## [TASK TO COMPLETE]
Without changing a single character, write out every record below.
Top of MATERIAL FOR THE TASK
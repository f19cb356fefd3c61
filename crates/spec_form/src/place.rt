//! In which line of a text a field begins, and in which its lines stand.

ghost use Rattle.std.specs.Prelude.{◌≡◌};
ghost use Rattle.spec_form.specs.Texts.{before, behind};
ghost use Rattle.spec_form.specs.Reading.{is_further as further_test, is_skipped as skipped_test};
ghost use Rattle.spec_form.specs.Places.{begins_field as begins_test, field_place as place_of_field, has_line as line_test, is_inside as inside_test, line_place as place_of_line};

use crate::cut::{cut_at, first_line, is_blank_byte, trim_start};

fn is_skipped(line: &[u8]) -> bool
    ensures { result ≡ skipped_test line.now }
{
    match line {
        [] => true,
        [first, ..] => *first == b'#',
    }
}

fn is_further(line: &[u8]) -> bool
    ensures { result ≡ further_test line.now }
{
    match line {
        [] => false,
        [first, ..] => is_blank_byte(*first),
    }
}

/// What stands before the first colon of a line, and behind it.
fn name_and_rest(line: &[u8]) -> (&[u8], &[u8])
    ensures name { result.0.now ≡ before 0x3A line.now }
    ensures rest { result.1.now ≡ behind 0x3A line.now }
{
    match cut_at(line, b':') {
        Some(parts) => parts,
        None => (line, &[]),
    }
}

fn begins_field(line: &[u8], name: &[u8]) -> bool
    ensures { result ≡ begins_test name.now line.now }
{
    !is_skipped(line) && !is_further(line) && name_and_rest(line).0 == name
}

fn has_line(line: &[u8], name: &[u8], inside: bool) -> bool
    ensures { result ≡ line_test name.now inside line.now }
{
    inside && is_further(line)
        || begins_field(line, name) && !trim_start(name_and_rest(line).1).is_empty()
}

fn is_inside(line: &[u8], name: &[u8], inside: bool) -> bool
    ensures { result ≡ inside_test name.now inside line.now }
{
    if is_skipped(line) || is_further(line) {
        inside
    } else {
        name_and_rest(line).0 == name
    }
}

/// The line of a form's text, counted from 1, in which a line of a field stands; the field's lines
/// are counted from 0 by `index`. 0 where the field has no such line.
pub fn line_place(text: &[u8], field: &str, index: usize) -> usize
    ensures { result ≡ place_of_line text.now field.now index }
{
    let name = field.as_bytes();
    let mut rest = text;
    let mut number = 1;
    let mut inside = false;
    let mut left = index;
    while !rest.is_empty() {
        let (line, behind) = first_line(rest);
        if has_line(line, name, inside) {
            if left == 0 {
                return number;
            }
            left -= 1;
        }
        inside = is_inside(line, name, inside);
        rest = behind;
        number += 1;
    }
    0
}

/// The line of a form's text, counted from 1, in which a field begins; 0 where there is none.
pub fn field_place(text: &[u8], field: &str) -> usize
    ensures { result ≡ place_of_field text.now field.now }
{
    let name = field.as_bytes();
    let mut rest = text;
    let mut number = 1;
    while !rest.is_empty() {
        let (line, behind) = first_line(rest);
        if begins_field(line, name) {
            return number;
        }
        rest = behind;
        number += 1;
    }
    0
}
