//! Forms: the texts by which clients, labels, groups, the protections table, changes, shelved files,
//! jobs and fixes are shown and saved.
#![tactic(auto)]

mod cut;
mod fault;
mod fields;
mod form;
mod place;
mod print;
mod reader;
mod shape;

pub use fault::{FormFault, FormFaultKind, ValueFault};
pub use fields::Fields;
pub use form::{Field, Form, is_value};
pub use place::{field_place, line_place};
pub use shape::{FieldKind, Shape};
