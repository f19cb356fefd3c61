//! The program over a depot and a node that follows it.

ghost use Rattle.program_words.specs.Words.{words_of};
ghost use Rattle.chain_server.specs.Whole.{IsTask, KeepsAll};

use depot_follow::{ChainEnded, chain_top};
use outside_api::{Clock, Disk, Doors, Gate};
use p4_server::{Ended, p4_top};
use replica_chain::Pair;
use std::alloc::Global;
use std::sync::Wait;
use std::thread::Threads;

/// What words ask for over a depot and a node that follows it.
#[derive(Clone, Copy)]
pub enum Task<'a> {
    /// That the node follows the depot: the first word is `follow`.
    Follow,
    /// A run over the node with these words, before which `node` stands.
    Node(&'a [&'a str]),
    /// A run over the depot with all words.
    Depot,
}

/// What words ask for, by the first of them.
pub fn task_of<'a>(words: &'a [&'a str]) -> Task<'a>
    ensures { IsTask (words_of words.now) result }
{
    match words.split_first() {
        Some((first, _)) if *first == "follow" => Task::Follow,
        Some((first, behind)) if *first == "node" => Task::Node(behind),
        _ => Task::Depot,
    }
}

/// How the program ends over a depot and a node that follows it.
#[derive(Drop)]
pub enum WholeEnded<D, S, K> {
    /// It ran over the depot's disks, and the node's weren't touched.
    Depot {
        ended: Ended<D, S, K>,
        node: Pair<D>,
    },
    /// It ran over the node's disks, and the depot's weren't touched.
    Node {
        ended: Ended<D, S, K>,
        depot: Pair<D>,
    },
    /// The node followed the depot.
    Followed {
        ended: ChainEnded<D>,
    },
}

/// Does all that the program does over a depot and a node that follows it. With the first word `follow` the node
/// follows the depot to its end; with the first word `node` the words behind it are run over the node's disks, as a
/// depot's; all other words are run over the depot's.
pub fn whole_top<
    R: Threads + Wait + Sync,
    H: Doors,
    D: Disk + Send,
    C: Clock + Sync,
    G: Gate + Sync,
>(
    rt: &R,
    alloc: Global,
    words: &[&str],
    doors: &mut H,
    depot: Pair<D>,
    node: Pair<D>,
    out: &mut H::Out,
    clock: &C,
    gate: &G,
) -> WholeEnded<D, H::In, H::Out>
where
    H::Out: Send,
    ensures promise { KeepsAll (record { disk = D.says; source = H.In.says; sink = H.Out.says; doors = H.says; may_give = C.says.may_give clock.now }) (words_of words.now) (record { depot = depot; node = node; doors = doors.old; out = out.old }) (record { doors = doors.new; out = out.new; ended = result }) }
{
    match task_of(words) {
        Task::Follow => {
            let ended = chain_top(alloc, words, depot, node, out);
            WholeEnded::Followed { ended }
        }
        Task::Node(behind) => {
            let Pair { journal, archive } = node;
            let ended = p4_top(rt, alloc, behind, doors, journal, archive, out, clock, gate);
            WholeEnded::Node { ended, depot }
        }
        Task::Depot => {
            let Pair { journal, archive } = depot;
            let ended = p4_top(rt, alloc, words, doors, journal, archive, out, clock, gate);
            WholeEnded::Depot { ended, node }
        }
    }
}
Bottom of MATERIAL FOR THE TASK
## [RESPONSE TO THE TASK]
repository f19cb356fefd3c61
filename crates/spec_form/src/place.rt
//! In which line of a text a field begins, and in which its lines stand.

ghost use Rattle.std.specs.Prelude.{◌≡◌};
ghost use Rattle.spec_form.specs.Texts.{before, behind};
ghost use Rattle.spec_form.specs.Reading.{is_further as further_test, is_skipped as skipped_test};
ghost use Rattle.spec_form.specs.Places.{begins_field as begins_test, field_place as place_of_field, has_line as line_test, is_inside as inside_test, line_place as place_of_line};

use crate::cut::{cut_at, first_line, is_blank_byte, trim_start};

fn is_skipped(line: &[u8]) -> bool
    ensures { result ≡ skipped_test line.now }
{
    match line {
        [] => true,
        [first, ..] => *first == b'#',
    }
}

fn is_further(line: &[u8]) -> bool
    ensures { result ≡ further_test line.now }
{
    match line {
        [] => false,
        [first, ..] => is_blank_byte(*first),
    }
}

/// What stands before the first colon of a line, and behind it.
fn name_and_rest(line: &[u8]) -> (&[u8], &[u8])
    ensures name { result.0.now ≡ before 0x3A line.now }
    ensures rest { result.1.now ≡ behind 0x3A line.now }
{
    match cut_at(line, b':') {
        Some(parts) => parts,
        None => (line, &[]),
    }
}

fn begins_field(line: &[u8], name: &[u8]) -> bool
    ensures { result ≡ begins_test name.now line.now }
{
    !is_skipped(line) && !is_further(line) && name_and_rest(line).0 == name
}

fn has_line(line: &[u8], name: &[u8], inside: bool) -> bool
    ensures { result ≡ line_test name.now inside line.now }
{
    inside && is_further(line)
        || begins_field(line, name) && !trim_start(name_and_rest(line).1).is_empty()
}

fn is_inside(line: &[u8], name: &[u8], inside: bool) -> bool
    ensures { result ≡ inside_test name.now inside line.now }
{
    if is_skipped(line) || is_further(line) {
        inside
    } else {
        name_and_rest(line).0 == name
    }
}

/// The line of a form's text, counted from 1, in which a line of a field stands; the field's lines
/// are counted from 0 by `index`. 0 where the field has no such line.
pub fn line_place(text: &[u8], field: &str, index: usize) -> usize
    ensures { result ≡ place_of_line text.now field.now index }
{
    let name = field.as_bytes();
    let mut rest = text;
    let mut number = 1;
    let mut inside = false;
    let mut left = index;
    while !rest.is_empty() {
        let (line, behind) = first_line(rest);
        if has_line(line, name, inside) {
            if left == 0 {
                return number;
            }
            left -= 1;
        }
        inside = is_inside(line, name, inside);
        rest = behind;
        number += 1;
    }
    0
}

/// The line of a form's text, counted from 1, in which a field begins; 0 where there is none.
pub fn field_place(text: &[u8], field: &str) -> usize
    ensures { result ≡ place_of_field text.now field.now }
{
    let name = field.as_bytes();
    let mut rest = text;
    let mut number = 1;
    while !rest.is_empty() {
        let (line, behind) = first_line(rest);
        if begins_field(line, name) {
            return number;
        }
        rest = behind;
        number += 1;
    }
    0
}
//! Forms: the texts by which clients, labels, groups, the protections table, changes, shelved files,
//! jobs and fixes are shown and saved.
#![tactic(auto)]

mod cut;
mod fault;
mod fields;
mod form;
mod place;
mod print;
mod reader;
mod shape;

pub use fault::{FormFault, FormFaultKind, ValueFault};
pub use fields::Fields;
pub use form::{Field, Form, is_value};
pub use place::{field_place, line_place};
pub use shape::{FieldKind, Shape};
repository f19cb356fefd3c61
//! The program over a depot and a node that follows it.

ghost use Rattle.program_words.specs.Words.{words_of};
ghost use Rattle.chain_server.specs.Whole.{IsTask, KeepsAll};

use depot_follow::{ChainEnded, chain_top};
use outside_api::{Clock, Disk, Doors, Gate};
use p4_server::{Ended, p4_top};
use replica_chain::Pair;
use std::alloc::Global;
use std::sync::Wait;
use std::thread::Threads;

/// What words ask for over a depot and a node that follows it.
#[derive(Clone, Copy)]
pub enum Task<'a> {
    /// That the node follows the depot: the first word is `follow`.
    Follow,
    /// A run over the node with these words, before which `node` stands.
    Node(&'a [&'a str]),
    /// A run over the depot with all words.
    Depot,
}

/// What words ask for, by the first of them.
pub fn task_of<'a>(words: &'a [&'a str]) -> Task<'a>
    ensures { IsTask (words_of words.now) result }
{
    match words.split_first() {
        Some((first, _)) if *first == "follow" => Task::Follow,
        Some((first, behind)) if *first == "node" => Task::Node(behind),
        _ => Task::Depot,
    }
}

/// How the program ends over a depot and a node that follows it.
#[derive(Drop)]
pub enum WholeEnded<D, S, K> {
    /// It ran over the depot's disks, and the node's weren't touched.
    Depot {
        ended: Ended<D, S, K>,
        node: Pair<D>,
    },
    /// It ran over the node's disks, and the depot's weren't touched.
    Node {
        ended: Ended<D, S, K>,
        depot: Pair<D>,
    },
    /// The node followed the depot.
    Followed {
        ended: ChainEnded<D>,
    },
}

/// Does all that the program does over a depot and a node that follows it. With the first word `follow` the node
/// follows the depot to its end; with the first word `node` the words behind it are run over the node's disks, as a
/// depot's; all other words are run over the depot's.
pub fn whole_top<
    R: Threads + Wait + Sync,
    H: Doors,
    D: Disk + Send,
    C: Clock + Sync,
    G: Gate + Sync,
>(
    rt: &R,
    alloc: Global,
    words: &[&str],
    doors: &mut H,
    depot: Pair<D>,
    node: Pair<D>,
    out: &mut H::Out,
    clock: &C,
    gate: &G,
) -> WholeEnded<D, H::In, H::Out>
where
    H::Out: Send,
    ensures promise { KeepsAll (record { disk = D.says; source = H.In.says; sink = H.Out.says; doors = H.says; may_give = C.says.may_give clock.now }) (words_of words.now) (record { depot = depot; node = node; doors = doors.old; out = out.old }) (record { doors = doors.new; out = out.new; ended = result }) }
{
    match task_of(words) {
        Task::Follow => {
            let ended = chain_top(alloc, words, depot, node, out);
            WholeEnded::Followed { ended }
        }
        Task::Node(behind) => {
            let Pair { journal, archive } = node;
            let ended = p4_top(rt, alloc, behind, doors, journal, archive, out, clock, gate);
            WholeEnded::Node { ended, depot }
        }
        Task::Depot => {
            let Pair { journal, archive } = depot;
            let ended = p4_top(rt, alloc, words, doors, journal, archive, out, clock, gate);
            WholeEnded::Depot { ended, node }
        }
    }
}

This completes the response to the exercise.